Your instructions: Transcribe the following records in full, exactly as shown.

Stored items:
◆ ◆ ◆

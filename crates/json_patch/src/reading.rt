//! The patch that the arguments name.
ghost use Rattle.std.specs.Str.{chars};
ghost use Rattle.tinyjson.specs.View.{view};
ghost use Rattle.json_patch.specs.Reading.{IsNoPatch, ReadsDocument, ReadsPatchText};
ghost use Rattle.json_patch.specs.Reading.{ReadsPatchFile, patch_depth};

use std::alloc::Global;
use tinyjson::JsonValue;
use tinyjson_cli::{Failure, named_text_failure, read_named};
use tinyjson_patch::{Patch, PatchError};

/// How many containers may be nested in a patch: freeing it takes stack with its nesting.
const PATCH_DEPTH: usize = 1_000;

/// The patch of this file.
pub fn read_patch(rt: &HostRuntime, file: &str) -> Result<Patch, Failure>
    ensures { ReadsPatchFile result }
{
    let text = read_named(rt, file)?;
    patch_of(rt.alloc(), text.as_str())
}

/// The patch of a text, of at most 1,000 nested containers.
fn patch_of(alloc: Global, text: &str) -> Result<Patch, Failure>
    ensures { ReadsPatchText (chars text.now) result }
{
    match JsonValue::from_str_with_depth_limit(alloc, text, PATCH_DEPTH) {
        Ok(document) => patch_of_document(alloc, &document),
        Err(error) => Err(named_text_failure(alloc, "the patch", error)),
    }
}

fn patch_of_document(alloc: Global, document: &JsonValue) -> Result<Patch, Failure>
    ensures { ReadsDocument (view document.now) result }
{
    match Patch::from_value(alloc, document) {
        Ok(patch) => Ok(patch),
        Err(error) => Err(document_failure(alloc, error)),
    }
}

/// The failure for a document that is no patch.
fn document_failure(alloc: Global, error: PatchError) -> Failure
    ensures { IsNoPatch error result }
{
    if let PatchError::OutOfMemory = error {
        return Failure::OutOfMemory;
    }
    match format!(in alloc; "the patch: {error}") {
        Ok(words) => Failure::Misused(words),
        Err(_) => Failure::OutOfMemory,
    }
}
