//! Applies a JSON Patch (RFC 6902) to each JSON text, and prints the result. Its help page lists the
//! arguments and the statuses.
#![tactic(auto)]

mod apply;
mod reading;

use apply::Asked;
use reading::read_patch;
use std::process::ExitCode;
use tinyjson_cli::{
    HELP, IN_PLACE, INDENT, LINES, MAX_LINE, Program, Status, VERSION, Values, argument_words,
    arguments_of, needed_operand, or_report, run_tool, texts_asked,
};

const PROGRAM: Program<'static> = Program {
    name: "json_patch",
    options: &[LINES, MAX_LINE, INDENT, IN_PLACE, HELP, VERSION],
    help: "\
Usage: json_patch [-l | -I] [-m N] [-i] PATCH [FILE..]

Applies a JSON Patch (RFC 6902) to each JSON text, and prints the result as
compact text with sorted keys. PATCH is the name of the patch's file.

The texts are those of the files, or standard input where none is named; '-' is
standard input, too. Options may come anywhere; after '--' all are operands.

Options:
  -l, --lines       take each line of an input as a text; where one is refused
                    or the patch can't be applied, report its number and go on
  -m, --max-line N  with -l: refuse a line of more than N bytes, and do not keep
                    it in memory
  -i, --indent      indent by two spaces
  -I, --in-place    replace each file by its result; a file that has it already
                    is not touched
  -h, --help        print this page
  -V, --version     print the version

Exit status:
  0  each result was printed, or is in its file
  1  an operation can't be applied to a text's value, or a test fails;
     with -l: a line is refused; with -l or -I: the patch copies too much
  2  the arguments are not understood, or PATCH can't be read,
     is no JSON text or no patch document, or has more than 1,000 nested
     containers
  3  an input is no JSON text, or not UTF-8
  4  memory ran out, a read or a write failed, or the patch copies more than
     1,000,000 values and four for each byte of the text

Examples:
  $ echo '[{\"op\": \"replace\", \"path\": \"/a\", \"value\": [1.0]}]' > patch.json
  $ echo '{\"a\": 0, \"b\": 2}' | json_patch patch.json
  {\"a\":[1],\"b\":2}
  $ echo '[{\"op\": \"add\", \"path\": \"/-\", \"value\": 3}]' > add.json
  $ echo '[1, 2]' | json_patch add.json
  [1,2,3]
",
};

fn main(rt: HostRuntime) -> ExitCode {
    let (Ok(status) | Err(status)) = run(&rt);
    ExitCode::from(status.code())
}

fn run(rt: &HostRuntime) -> Result<Status, Status> {
    let words = argument_words(rt, PROGRAM)?;
    let arguments = arguments_of(rt, PROGRAM, words.as_slice())?;
    let (patch, files) = needed_operand(rt, PROGRAM, &arguments, "PATCH")?;
    let patch = or_report(rt, PROGRAM, read_patch(rt, patch))?;
    let asked = Asked {
        patch: &patch,
        is_indented: arguments.has(b'i'),
    };
    let tool = Values::new(rt.alloc(), asked, None);
    Ok(run_tool(rt, PROGRAM, texts_asked(&arguments), files, tool))
}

◆ ◆ ◆

Answer below:
filename crates/json_patch/src/reading.rt
//! The patch that the arguments name.
ghost use Rattle.std.specs.Str.{chars};
ghost use Rattle.tinyjson.specs.View.{view};
ghost use Rattle.json_patch.specs.Reading.{IsNoPatch, ReadsDocument, ReadsPatchText};
ghost use Rattle.json_patch.specs.Reading.{ReadsPatchFile, patch_depth};

use std::alloc::Global;
use tinyjson::JsonValue;
use tinyjson_cli::{Failure, named_text_failure, read_named};
use tinyjson_patch::{Patch, PatchError};

/// How many containers may be nested in a patch: freeing it takes stack with its nesting.
const PATCH_DEPTH: usize = 1_000;

/// The patch of this file.
pub fn read_patch(rt: &HostRuntime, file: &str) -> Result<Patch, Failure>
    ensures { ReadsPatchFile result }
{
    let text = read_named(rt, file)?;
    patch_of(rt.alloc(), text.as_str())
}

/// The patch of a text, of at most 1,000 nested containers.
fn patch_of(alloc: Global, text: &str) -> Result<Patch, Failure>
    ensures { ReadsPatchText (chars text.now) result }
{
    match JsonValue::from_str_with_depth_limit(alloc, text, PATCH_DEPTH) {
        Ok(document) => patch_of_document(alloc, &document),
        Err(error) => Err(named_text_failure(alloc, "the patch", error)),
    }
}

fn patch_of_document(alloc: Global, document: &JsonValue) -> Result<Patch, Failure>
    ensures { ReadsDocument (view document.now) result }
{
    match Patch::from_value(alloc, document) {
        Ok(patch) => Ok(patch),
        Err(error) => Err(document_failure(alloc, error)),
    }
}

/// The failure for a document that is no patch.
fn document_failure(alloc: Global, error: PatchError) -> Failure
    ensures { IsNoPatch error result }
{
    if let PatchError::OutOfMemory = error {
        return Failure::OutOfMemory;
    }
    match format!(in alloc; "the patch: {error}") {
        Ok(words) => Failure::Misused(words),
        Err(_) => Failure::OutOfMemory,
    }
}
//! Applies a JSON Patch (RFC 6902) to each JSON text, and prints the result. Its help page lists the
//! arguments and the statuses.
#![tactic(auto)]

mod apply;
mod reading;

use apply::Asked;
use reading::read_patch;
use std::process::ExitCode;
use tinyjson_cli::{
    HELP, IN_PLACE, INDENT, LINES, MAX_LINE, Program, Status, VERSION, Values, argument_words,
    arguments_of, needed_operand, or_report, run_tool, texts_asked,
};

const PROGRAM: Program<'static> = Program {
    name: "json_patch",
    options: &[LINES, MAX_LINE, INDENT, IN_PLACE, HELP, VERSION],
    help: "\
Usage: json_patch [-l | -I] [-m N] [-i] PATCH [FILE..]

Applies a JSON Patch (RFC 6902) to each JSON text, and prints the result as
compact text with sorted keys. PATCH is the name of the patch's file.

The texts are those of the files, or standard input where none is named; '-' is
standard input, too. Options may come anywhere; after '--' all are operands.

Options:
  -l, --lines       take each line of an input as a text; where one is refused
                    or the patch can't be applied, report its number and go on
  -m, --max-line N  with -l: refuse a line of more than N bytes, and do not keep
                    it in memory
  -i, --indent      indent by two spaces
  -I, --in-place    replace each file by its result; a file that has it already
                    is not touched
  -h, --help        print this page
  -V, --version     print the version

Exit status:
  0  each result was printed, or is in its file
  1  an operation can't be applied to a text's value, or a test fails;
     with -l: a line is refused; with -l or -I: the patch copies too much
  2  the arguments are not understood, or PATCH can't be read,
     is no JSON text or no patch document, or has more than 1,000 nested
     containers
  3  an input is no JSON text, or not UTF-8
  4  memory ran out, a read or a write failed, or the patch copies more than
     1,000,000 values and four for each byte of the text

Examples:
  $ echo '[{\"op\": \"replace\", \"path\": \"/a\", \"value\": [1.0]}]' > patch.json
  $ echo '{\"a\": 0, \"b\": 2}' | json_patch patch.json
  {\"a\":[1],\"b\":2}
  $ echo '[{\"op\": \"add\", \"path\": \"/-\", \"value\": 3}]' > add.json
  $ echo '[1, 2]' | json_patch add.json
  [1,2,3]
",
};

fn main(rt: HostRuntime) -> ExitCode {
    let (Ok(status) | Err(status)) = run(&rt);
    ExitCode::from(status.code())
}

fn run(rt: &HostRuntime) -> Result<Status, Status> {
    let words = argument_words(rt, PROGRAM)?;
    let arguments = arguments_of(rt, PROGRAM, words.as_slice())?;
    let (patch, files) = needed_operand(rt, PROGRAM, &arguments, "PATCH")?;
    let patch = or_report(rt, PROGRAM, read_patch(rt, patch))?;
    let asked = Asked {
        patch: &patch,
        is_indented: arguments.has(b'i'),
    };
    let tool = Values::new(rt.alloc(), asked, None);
    Ok(run_tool(rt, PROGRAM, texts_asked(&arguments), files, tool))
}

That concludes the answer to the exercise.